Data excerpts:

----------------------------------------

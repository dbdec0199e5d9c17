//! A program of tests.

use crate::files::tables;
use crate::report::Report;
use crate::row::{Row, rows};
use std::io;

/// Says of each row of the tables that the command line names whether it gives what it expects.
pub fn run<E, G>(rt: &HostRuntime, expected: E, given: G) -> anyhow::Result<()>
where
    E: Fn(&HostRuntime, &Row<'_>) -> anyhow::Result<String> + Drop,
    G: Fn(&HostRuntime, &Row<'_>) -> anyhow::Result<String> + Drop,
    requires expected { E.IsAlwaysCallable expected }
    requires given { G.IsAlwaysCallable given }
{
    let text = tables(rt)?;
    let mut report = Report::new(io::writer(rt));
    for row in &rows(rt.alloc(), text.as_str())? {
        let want = expected(rt, row)?;
        let have = given(rt, row)?;
        report.row(row, have.as_str(), want.as_str())?;
    }
    report.end()?;
    Ok(())
}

----------------------------------------

- WHAT THE TASK ASKS: Looking at the records above, return exactly the lines from the line with "program of tests." to the line with "what it expects.", both ends included.

- EXERCISE RESULT:
//! A program of tests.

use crate::files::tables;
use crate::report::Report;
use crate::row::{Row, rows};
use std::io;

/// Says of each row of the tables that the command line names whether it gives what it expects.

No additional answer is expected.